Jeff and Helen approached us about the bulls after the Women in Agribusiness field day we had here in February, because they wanted a couple of "maternal sires", i.e. bulls which are best used to sire heifers which will be kept as breeding cows. They have visited a couple of times over the last few months to have a look at the bulls and see how they have been developing and wanted to take them away now, to become accustomed to their new home and keepers before it is time for them to begin work this spring/summer.
Jeff brought a double horse-float to collect the bulls, backed it up to a gateway in our loading race. Jeff did quite a bit of "bull whispering", getting both bulls used to his close proximity, scratching them in all the places they really liked - Blyth has been quiet enough to stroke in the paddock and lanes for all his life, so he was an easy candidate. It took us about an hour of coaxing with the help of a container of Molasses, to get them both onto the float and standing quietly there.

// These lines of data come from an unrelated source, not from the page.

//! The headline, over runs and over every list of steps.

ghost use Rattle.std.specs.Prelude.{◌≡◌, ◌∷◌, ◌++◌, ℕ, List, Some};
ghost use Rattle.mc_model.specs.message.Decree.{Decree, Final, Delivered};
ghost use Rattle.mc_model.specs.node.Act.{Reports};
ghost use Rattle.mc_model.specs.synod.Lists.{In};
ghost use Rattle.mc_model.specs.cluster.World.{Deed, Run, start};
ghost use Rattle.mc_model.specs.cluster.Steps.{StepRun, world_after};
ghost use Rattle.mc_model.specs.cluster.Fate.{CameBefore, States, IsGrant, IsDelivery, IsToldChosen};
ghost use Rattle.mc_model.specs.cluster.Loose.{IsLooseRun, LooseRun, end_of};

/// Of one message no two statements of a final state differ; after a statement, as ESME_ROK to its cancel_sm, no attempt of it
/// is ever granted; and behind each statement of DELIVERED, as a receipt, stands an attempt that was granted and then answered
/// ESME_ROK. It is so of every run of the cluster, and of every loose one: it does not rest on what nodes answer that states no
/// fate, nor on when they are up, have room, ask, tell or settle.
pub fn headline()
    ensures one_fate { (run : LooseRun) (one other : Deed) (id : ℕ) (first second : Final) →
        In one (end_of run).past → In other (end_of run).past →
        States one id first → States other id second → first ≡ second }
    ensures no_grant { (run : LooseRun) (stating granting : Deed) (id : ℕ) (final : Final) →
        CameBefore stating granting (end_of run).past →
        States stating id final → IsGrant granting id → ⊥ }
    ensures delivery { (run : LooseRun) (newer : List Deed) (stating : Deed) (older : List Deed) (id : ℕ) →
        (end_of run).past ≡ newer ++ stating ∷ older →
        (states : States stating id Delivered) → IsDelivery id states.chain older }
{}

/// Each run is a loose one.
pub fn each_run_is_loose()
    ensures { (run : Run) → IsLooseRun (start run.nodes run.serials) run.acts }
{}

/// For every list of steps in which packets are delivered, lost, repeated or reordered and nodes restart with their stable
/// records, no two statements of a final state for one message id differ; after ESME_ROK to its cancel_sm no attempt of it is
/// ever granted; each DELIVRD receipt stands on an attempt that was chosen, granted and answered ESME_ROK.
pub fn headline_over_steps()
    ensures one_fate { (run : StepRun) (one other : Deed) (id : ℕ) (first second : Final) →
        In one (world_after run).past → In other (world_after run).past →
        States one id first → States other id second → first ≡ second }
    ensures no_grant { (run : StepRun) (stating granting : Deed) (id : ℕ) (final : Final) →
        CameBefore stating granting (world_after run).past →
        States stating id final → IsGrant granting id → ⊥ }
    ensures delivery { (run : StepRun) (newer : List Deed) (stating : Deed) (older : List Deed) (id : ℕ) →
        (world_after run).past ≡ newer ++ stating ∷ older →
        (states : States stating id Delivered) → IsDelivery id states.chain older }
    ensures chosen { (run : StepRun) (stating : Deed) (id : ℕ) (final : Final) →
        In stating (world_after run).past →
        (states : States stating id final) → IsToldChosen (world_after run) id states.chain }
{}

/// The chain of which a statement tells is chosen, in every loose run.
pub fn what_is_stated_is_chosen()
    ensures { (run : LooseRun) (stating : Deed) (id : ℕ) (final : Final) →
        In stating (end_of run).past →
        (states : States stating id final) → IsToldChosen (end_of run) id states.chain }
{}

/// Over every list of steps at most one delivery receipt goes out for each message_id, however often nodes stop and start anew.
pub fn one_receipt_over_steps()
    ensures { (run : StepRun) (first second : Deed) (id : ℕ) (one other : List Decree) →
        CameBefore first second (world_after run).past →
        first.act ≡ Reports id one → second.act ≡ Reports id other → ⊥ }
{}
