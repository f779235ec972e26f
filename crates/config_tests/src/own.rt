//! The table `own` of configurations.

use crate::same::assert_same;
use config::{Own, OwnFault, OwnKey, read_own};
use std::alloc::Global;
use std::net::{Ipv4Addr, SocketAddrV4};

/// What each text says, or why not.
fn own_in(alloc: Global, text: &str) -> Result<Own, OwnFault> {
    read_own(alloc, text.as_bytes())
}

#[test]
fn limits_are_read_out_of_their_table(rt: HostRuntime) {
    let text = r#"
system_id = "C"
sessions = 3
[own]
idle_seconds = 86400
sessions = 65535
colour = "blue"
"#;
    let limits = Own {
        idle_seconds: 86_400,
        bind_seconds: 0,
        write_seconds: 0,
        linger_seconds: 0,
        sessions: 65_535,
        part_entries: 0,
        ends_full: false,
        status: None,
    };
    assert_same(&rt, &own_in(rt.alloc(), text), &Ok(limits));
}

#[test]
fn each_limit_has_its_key(rt: HostRuntime) {
    let text = r#"
[own]
idle_seconds = 1
bind_seconds = 2
write_seconds = 3
linger_seconds = 86400
sessions = 4
part_entries = 150000
full = "end"
status = "127.0.0.1:9090"
"#;
    let limits = Own {
        idle_seconds: 1,
        bind_seconds: 2,
        write_seconds: 3,
        linger_seconds: 86_400,
        sessions: 4,
        part_entries: 150_000,
        ends_full: true,
        status: Some(SocketAddrV4::new(Ipv4Addr::new(127, 0, 0, 1), 9090)),
    };
    assert_same(&rt, &own_in(rt.alloc(), text), &Ok(limits));
}

#[test]
fn no_table_is_no_limit(rt: HostRuntime) {
    let limits = Own {
        idle_seconds: 0,
        bind_seconds: 0,
        write_seconds: 0,
        linger_seconds: 0,
        sessions: 0,
        part_entries: 0,
        ends_full: false,
        status: None,
    };
    assert_same(&rt, &own_in(rt.alloc(), "system_id = \"C\"\n"), &Ok(limits));
}

#[test]
fn what_is_no_limit_is_told(rt: HostRuntime) {
    let alloc = rt.alloc();
    let late = Err(OwnFault::BadValue(OwnKey::IdleSeconds));
    let many = Err(OwnFault::BadValue(OwnKey::Sessions));
    assert_same(&rt, &own_in(alloc, "[own]\nidle_seconds = 86401\n"), &late);
    assert_same(&rt, &own_in(alloc, "[own]\nidle_seconds = \"60\"\n"), &late);
    assert_same(&rt, &own_in(alloc, "[own]\nsessions = -1\n"), &many);
    let long = Err(OwnFault::BadValue(OwnKey::PartEntries));
    assert_same(&rt, &own_in(alloc, "[own]\npart_entries = 150001\n"), &long);
    assert_same(
        &rt,
        &own_in(alloc, "[own]\nfull = \"goes on\"\n"),
        &Err(OwnFault::BadFull),
    );
    assert_same(
        &rt,
        &own_in(alloc, "[own]\nfull = 1\n"),
        &Err(OwnFault::BadFull),
    );
    assert_same(&rt, &own_in(alloc, "own = 60\n"), &Err(OwnFault::NoTable));
    assert_same(&rt, &own_in(alloc, "[own\n"), &Err(OwnFault::NotToml));
}

#[test]
fn what_is_no_address_of_the_status_is_told(rt: HostRuntime) {
    let alloc = rt.alloc();
    let bad = Err(OwnFault::BadStatus);
    assert_same(&rt, &own_in(alloc, "[own]\nstatus = 9090\n"), &bad);
    assert_same(&rt, &own_in(alloc, "[own]\nstatus = \"\"\n"), &bad);
    assert_same(&rt, &own_in(alloc, "[own]\nstatus = \":9090\"\n"), &bad);
    assert_same(
        &rt,
        &own_in(alloc, "[own]\nstatus = \"localhost:9090\"\n"),
        &bad,
    );
    assert_same(
        &rt,
        &own_in(alloc, "[own]\nstatus = \"127.0.0.1:65536\"\n"),
        &bad,
    );
    assert_same(&rt, &own_in(alloc, "[own]\nstatus = \"127.0.0.1\"\n"), &bad);
}
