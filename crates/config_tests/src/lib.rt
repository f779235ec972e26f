//! Tests of accounts, routes and the configuration. The crates tested have none of their own, so that each is proved once.
#![tactic(auto)]

#[cfg(test)]
mod accounts_tests;
#[cfg(test)]
mod faults;
#[cfg(test)]
mod limits;
#[cfg(test)]
mod own;
#[cfg(test)]
mod same;
#[cfg(test)]
mod warned;
#[cfg(test)]
mod whole;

I was concentrating far too hard on what we were doing to distract myself with taking photographs.
We exchanged all the necessary pieces of paper including the TB status declaration which is required with every animal transfer, Stephan took our photograph, with Mary-Jane and Oscar, and away they went.
Jeff left us a message later saying that the bulls had managed to turn around about 1km down the road from our place, so they travelled all the way home with their noses at the backing gate of the float, which would have been rather worrying at the time since they might have attempted to jump out the back, but otherwise the trip went very well.
Stephan and I went off to town for the Ceremonial Cheque Depositing, then on a whim, went on for a celebratory fine beer toast with my beloved God-parents, Hack and Marj. They might well take some credit for my obsession with cows, since their Jersey dairy cows were the first I ever met, as a very small child. On our way home, we visited the Orana Restaurant for a very nice light meal, to finish our special day.